B.D : Le plus dur aujourd’hui, c’est de se former un réseau. Et se faire un réseau uniquement via le spectacle vivant, c’est presque impossible. Il faut aller voir les gens dans la rue et leur donner des tracts. Maintenant, grâce aux réseaux sociaux, il n’y a même plus besoin que les gens viennent aux spectacles. Après, sur tous mes abonnés Instagram, il y en a à peine 30 qui sont venus me voir en spectacle. Mais ce qui est dommage c’est que les programmateurs ne regardent plus le talent, mais le réseau que l’on peut ramener. J’ai peur que l’on s’intéresse de moins en moins au talent et de plus en plus à l’argent que l’on peut ramener.

LBB : Les réseaux sociaux sont donc à double tranchant ?

B.D : Je pense. Ce qu’on aime, nous les êtres humains, c’est le contact social. On est fait pour vivre avec les autres et, de plus en plus, les écrans remplacent les humains. Entre la télévision qui devient le centre du foyer et les réseaux sociaux, il y a une dématérialisation du contact humain et je trouve ça horrible, ça me dégoûte. On me dit que je suis de la génération Internet, mais je n’ai aucune envie d’être assimilé à ça. On a besoin du contact humain et il n’y a rien de mieux que de pouvoir assister à un spectacle en réel.

LBB : Vous avez des projets futurs en tête ?

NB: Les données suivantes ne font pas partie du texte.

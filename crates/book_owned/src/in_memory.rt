use crate::Marks;
use mdf_gate::Block;
use mdf_layout::{NextValues, Samples, Shapes};

/// What a front holds.
pub struct InMemory<V> {
    /// The layouts of the groups.
    pub(crate) shapes: Shapes,
    /// The accepted samples.
    pub(crate) history: Samples,
    pub(crate) marks: Marks,
    /// What the history costs, in bytes.
    pub(crate) held: u64,
    /// The records of the samples behind the last hand-over.
    pub(crate) block: Block,
    /// The block that takes records next, which is away while its records are written.
    pub(crate) spare: Option<Block>,
    /// How many samples were handed over.
    pub(crate) from: u64,
    /// Whether the disk failed.
    pub(crate) stopped: bool,
    /// Where the next values of variable length go.
    pub(crate) next: NextValues,
    /// What a history may cost at most, in bytes.
    pub(crate) session_limit: u64,
    pub(crate) view: V,
}
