//! The records in the data of an MDF 4 file: each a place in the stream of a data link.
//!
//! Nothing is copied. The stream and its reading are those of `mdf_stream`, whose names stand here too.
#![tactic(auto)]

mod fault;
mod known;
mod law;
mod listed;
mod places;
mod record;
mod splitter;
mod spread;
mod table;

pub use fault::SplitFault;
pub use known::{Known, Piece, Size};
pub use law::{
    a_refusal_leaves_the_rest, places_alone_are_the_split, record_splits_agree,
    records_are_the_split,
};
pub use mdf_stream::{DataFault, DataView, Kind, Part, view_data, view_data_in};
pub use places::Places;
pub use splitter::Splitter;
pub use spread::{places_alone, places_in};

B.D : Je n’arrive pas à voir sur le long terme et je suis incapable de dire ce que je ferai l’année prochaine. À côté des spectacles, je fais beaucoup de choses et je fais partie d’une association qui s’appelle « Donner des ailes » . Elle est formidable et aide les plus démunis, distribue des repas chauds, des vêtements et organise des voyages alimentaires, comme en Algérie cet été.